Files
git.stella-ops.org/datasets/golden-pairs/README.md

76 lines
2.3 KiB
Markdown

# Golden Pairs Corpus
Golden pairs are curated binary pairs (original vs patched) used to validate binary-diff logic.
Binaries are stored outside git; this folder tracks metadata, hashes, and reports only.
## Current Corpus
| CVE | Name | Binary | Status | Notes |
|-----|------|--------|--------|-------|
| CVE-2021-3156 | Baron Samedit | sudo | Validated | Debian 10 packages with verified SHA-256 |
| CVE-2022-0847 | Dirty Pipe | vmlinux | Pending | Kernel binaries large; fetch pending |
## Layout
```
datasets/golden-pairs/
index.json
README.md
CVE-2021-3156/
metadata.json
advisories/
CVE-2022-0847/
metadata.json
advisories/
```
When binaries are fetched:
```
CVE-YYYY-NNNN/
original/
<binary>
<binary>.sha256
<binary>.sections.json
patched/
<binary>
<binary>.sha256
<binary>.sections.json
diff-report.json
```
## File Conventions
- `metadata.json` follows `docs/schemas/golden-pair-v1.schema.json`.
- `index.json` follows `docs/schemas/golden-pairs-index.schema.json`.
- `*.sha256` contains a single lowercase hex digest, no prefix.
- `*.sections.json` contains section hash output from the ELF hash extractor.
- `diff-report.json` is produced by `golden-pairs diff`.
## Adding a Pair
1. Create a `CVE-YYYY-NNNN/metadata.json` with required fields.
2. Fetch binaries via `golden-pairs mirror CVE-...`.
3. Generate section hashes for each binary.

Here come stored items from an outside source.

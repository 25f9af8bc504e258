//! What is known of an event.

/// What is known of an event.
#[derive(Clone, Copy, Debug, PartialEq, Eq)]
pub enum RowState {
    /// Its time, and how much later that is than scheduled.
    Predicted,
    /// Its time; it isn't scheduled.
    Stated,
    /// The stop is skipped.
    Skipped,
    /// An update says that there is no data from here on.
    NoData,
    /// No update or trip delay stands at or before it.
    Unknown,
    /// Its delay, but no time: it isn't scheduled.
    Untimed,
    /// The whole trip is canceled.
    Canceled,
    /// The row is of an update that matches no stop.
    Unmatched,
}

4. Run `golden-pairs diff CVE-...` and review `diff-report.json`.
5. Update `index.json` with status and summary counts.
## Package Sources
### CVE-2021-3156 (Baron Samedit)
- **Vulnerable**: `sudo 1.8.27-1+deb10u2` from snapshot.debian.org
- **Patched**: `sudo 1.8.27-1+deb10u3` from debian-security
- Binary SHA-256 hashes verified and documented in metadata.json
### CVE-2022-0847 (Dirty Pipe)
- **Vulnerable**: `linux-image-unsigned-5.13.0-34-generic` from old-releases.ubuntu.com
- **Patched**: `linux-image-unsigned-5.13.0-35-generic` from old-releases.ubuntu.com
- Kernel binaries are large (100MB+); consider extracting specific sections
## Offline Notes
- Use cached package mirrors or `file://` sources for air-gapped runs.
- Keep hashes and timestamps deterministic; always use UTC ISO-8601 timestamps.
- Debian packages available via snapshot.debian.org for reproducible fetches.